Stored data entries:
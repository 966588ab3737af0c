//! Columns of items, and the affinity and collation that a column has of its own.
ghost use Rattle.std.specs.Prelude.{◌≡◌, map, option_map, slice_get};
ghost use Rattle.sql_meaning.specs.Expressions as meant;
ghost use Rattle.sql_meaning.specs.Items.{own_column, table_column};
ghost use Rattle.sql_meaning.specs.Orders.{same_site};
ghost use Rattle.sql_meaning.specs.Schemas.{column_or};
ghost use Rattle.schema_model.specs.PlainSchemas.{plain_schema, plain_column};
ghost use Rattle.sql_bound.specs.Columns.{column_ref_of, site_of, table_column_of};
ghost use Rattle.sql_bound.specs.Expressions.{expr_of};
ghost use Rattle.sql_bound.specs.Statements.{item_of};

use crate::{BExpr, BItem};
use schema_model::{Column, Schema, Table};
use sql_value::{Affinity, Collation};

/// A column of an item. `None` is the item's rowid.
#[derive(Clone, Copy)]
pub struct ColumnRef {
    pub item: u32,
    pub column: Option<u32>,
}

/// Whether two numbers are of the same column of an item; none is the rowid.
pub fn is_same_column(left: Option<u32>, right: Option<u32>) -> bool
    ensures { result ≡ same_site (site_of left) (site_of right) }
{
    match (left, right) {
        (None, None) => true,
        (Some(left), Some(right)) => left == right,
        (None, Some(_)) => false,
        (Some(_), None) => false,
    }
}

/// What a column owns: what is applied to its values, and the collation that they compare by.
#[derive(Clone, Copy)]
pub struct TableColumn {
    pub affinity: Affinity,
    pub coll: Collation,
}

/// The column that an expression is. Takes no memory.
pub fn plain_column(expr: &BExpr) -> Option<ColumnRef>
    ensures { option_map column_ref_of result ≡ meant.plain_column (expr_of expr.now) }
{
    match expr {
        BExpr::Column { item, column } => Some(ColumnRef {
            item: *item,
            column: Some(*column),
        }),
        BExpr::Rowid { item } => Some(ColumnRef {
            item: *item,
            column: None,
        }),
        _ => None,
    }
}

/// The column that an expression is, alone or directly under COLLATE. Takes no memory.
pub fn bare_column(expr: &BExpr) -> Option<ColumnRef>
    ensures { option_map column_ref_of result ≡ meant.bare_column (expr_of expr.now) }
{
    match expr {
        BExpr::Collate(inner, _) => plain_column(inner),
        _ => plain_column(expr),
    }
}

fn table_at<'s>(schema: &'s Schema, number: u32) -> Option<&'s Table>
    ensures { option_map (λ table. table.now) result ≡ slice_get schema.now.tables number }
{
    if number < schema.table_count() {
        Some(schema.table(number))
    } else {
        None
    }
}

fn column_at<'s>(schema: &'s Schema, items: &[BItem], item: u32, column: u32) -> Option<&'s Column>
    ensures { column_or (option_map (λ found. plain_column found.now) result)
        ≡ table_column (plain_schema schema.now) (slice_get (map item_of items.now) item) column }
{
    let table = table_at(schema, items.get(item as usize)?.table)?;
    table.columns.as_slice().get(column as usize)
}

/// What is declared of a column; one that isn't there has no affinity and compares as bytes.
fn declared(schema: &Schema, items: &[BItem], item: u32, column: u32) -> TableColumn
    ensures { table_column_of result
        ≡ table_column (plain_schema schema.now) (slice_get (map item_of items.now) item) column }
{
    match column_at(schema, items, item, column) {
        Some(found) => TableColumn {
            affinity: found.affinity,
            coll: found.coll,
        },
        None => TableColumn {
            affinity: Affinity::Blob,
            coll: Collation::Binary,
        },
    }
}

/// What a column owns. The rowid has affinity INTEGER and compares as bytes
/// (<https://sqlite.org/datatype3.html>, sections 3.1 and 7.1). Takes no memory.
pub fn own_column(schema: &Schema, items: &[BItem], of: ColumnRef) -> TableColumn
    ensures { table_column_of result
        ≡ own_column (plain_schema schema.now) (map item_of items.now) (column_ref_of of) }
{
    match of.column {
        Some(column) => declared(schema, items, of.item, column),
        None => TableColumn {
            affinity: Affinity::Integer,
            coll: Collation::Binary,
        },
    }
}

Prompt: All lines from the records above should be copied exactly.

Exercise response:
repository 966588ab3737af0c
//! Columns of items, and the affinity and collation that a column has of its own.
ghost use Rattle.std.specs.Prelude.{◌≡◌, map, option_map, slice_get};
ghost use Rattle.sql_meaning.specs.Expressions as meant;
ghost use Rattle.sql_meaning.specs.Items.{own_column, table_column};
ghost use Rattle.sql_meaning.specs.Orders.{same_site};
ghost use Rattle.sql_meaning.specs.Schemas.{column_or};
ghost use Rattle.schema_model.specs.PlainSchemas.{plain_schema, plain_column};
ghost use Rattle.sql_bound.specs.Columns.{column_ref_of, site_of, table_column_of};
ghost use Rattle.sql_bound.specs.Expressions.{expr_of};
ghost use Rattle.sql_bound.specs.Statements.{item_of};

use crate::{BExpr, BItem};
use schema_model::{Column, Schema, Table};
use sql_value::{Affinity, Collation};

/// A column of an item. `None` is the item's rowid.
#[derive(Clone, Copy)]
pub struct ColumnRef {
    pub item: u32,
    pub column: Option<u32>,
}

/// Whether two numbers are of the same column of an item; none is the rowid.
pub fn is_same_column(left: Option<u32>, right: Option<u32>) -> bool
    ensures { result ≡ same_site (site_of left) (site_of right) }
{
    match (left, right) {
        (None, None) => true,
        (Some(left), Some(right)) => left == right,
        (None, Some(_)) => false,
        (Some(_), None) => false,
    }
}

/// What a column owns: what is applied to its values, and the collation that they compare by.
#[derive(Clone, Copy)]
pub struct TableColumn {
    pub affinity: Affinity,
    pub coll: Collation,
}

/// The column that an expression is. Takes no memory.
pub fn plain_column(expr: &BExpr) -> Option<ColumnRef>
    ensures { option_map column_ref_of result ≡ meant.plain_column (expr_of expr.now) }
{
    match expr {
        BExpr::Column { item, column } => Some(ColumnRef {
            item: *item,
            column: Some(*column),
        }),
        BExpr::Rowid { item } => Some(ColumnRef {
            item: *item,
            column: None,
        }),
        _ => None,
    }
}

/// The column that an expression is, alone or directly under COLLATE. Takes no memory.
pub fn bare_column(expr: &BExpr) -> Option<ColumnRef>
    ensures { option_map column_ref_of result ≡ meant.bare_column (expr_of expr.now) }
{
    match expr {
        BExpr::Collate(inner, _) => plain_column(inner),
        _ => plain_column(expr),
    }
}

fn table_at<'s>(schema: &'s Schema, number: u32) -> Option<&'s Table>
    ensures { option_map (λ table. table.now) result ≡ slice_get schema.now.tables number }
{
    if number < schema.table_count() {
        Some(schema.table(number))
    } else {
        None
    }
}

fn column_at<'s>(schema: &'s Schema, items: &[BItem], item: u32, column: u32) -> Option<&'s Column>
    ensures { column_or (option_map (λ found. plain_column found.now) result)
        ≡ table_column (plain_schema schema.now) (slice_get (map item_of items.now) item) column }
{
    let table = table_at(schema, items.get(item as usize)?.table)?;
    table.columns.as_slice().get(column as usize)
}

/// What is declared of a column; one that isn't there has no affinity and compares as bytes.
fn declared(schema: &Schema, items: &[BItem], item: u32, column: u32) -> TableColumn
    ensures { table_column_of result
        ≡ table_column (plain_schema schema.now) (slice_get (map item_of items.now) item) column }
{
    match column_at(schema, items, item, column) {
        Some(found) => TableColumn {
            affinity: found.affinity,
            coll: found.coll,
        },
        None => TableColumn {
            affinity: Affinity::Blob,
            coll: Collation::Binary,
        },
    }
}

/// What a column owns. The rowid has affinity INTEGER and compares as bytes
/// (<https://sqlite.org/datatype3.html>, sections 3.1 and 7.1). Takes no memory.
pub fn own_column(schema: &Schema, items: &[BItem], of: ColumnRef) -> TableColumn
    ensures { table_column_of result
        ≡ own_column (plain_schema schema.now) (map item_of items.now) (column_ref_of of) }
{
    match of.column {
        Some(column) => declared(schema, items, of.item, column),
        None => TableColumn {
            affinity: Affinity::Integer,
            coll: Collation::Binary,
        },
    }
}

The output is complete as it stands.